In Kairos Straßen werden Journalisten Freiwild

Während auf dem Kairorer Tahrir-Platz die Anhänger der Demokratie gegen das Regime protestieren, kontrollieren Geheimdienst-Informanden und Polizeispitzel den Rest der Stadt. Aber auch Bürger, die mit Präsident Husni Mubarak sympathisieren, zeigen sich zunehmend im Straßenbild - und halten mit ihren Emotionen nicht hinter dem Berg. Schon seit Tagen macht die vom Regime gestreute Flüsterpropaganda die Runde, dass die ausländischen Medien mit ihrer Berichterstattung über den Aufstand der Regimegegner “Schuld“ an den Unruhen hätten. Außerdem würden sie das Bild Ägyptens in der Welt “schlecht machen“.

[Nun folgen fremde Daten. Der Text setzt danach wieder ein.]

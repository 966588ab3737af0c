//! The keys that rows are looked up by.
use crate::BExpr;
use sql_value::Affinity;

/// An expression that a row is looked up by, with what is applied to its value.
#[derive(Clone, Copy)]
pub struct KeyExpr<'a> {
    pub expr: &'a BExpr<'a>,
    pub conv: Option<Affinity>,
}

/// Keys that a column is compared with, one after another.
///
/// The slice stands in a struct of its own because an enum may not hold a slice of references.
#[derive(Clone, Copy)]
pub struct Keys<'a> {
    pub keys: &'a [KeyExpr<'a>],
}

Vermehrt geraten ausländische Journalisten in Schwierigkeiten. Eine für die “New York Times“ und das ZDF arbeitende Journalistin kam erst nach 20 Stunden Haft in Kairo wieder auf freiem Fuß. Auch “Bürgerwehren“ halten Journalisten auf, vor allem wenn sie mit ihren Foto- und Fernsehkameras deutlich erkennbar sind, und übergeben sie der Zivilpolizei. So geschah dies am Donnerstag einem BBC-Reporter, der erst nach mehreren Stunden freikam.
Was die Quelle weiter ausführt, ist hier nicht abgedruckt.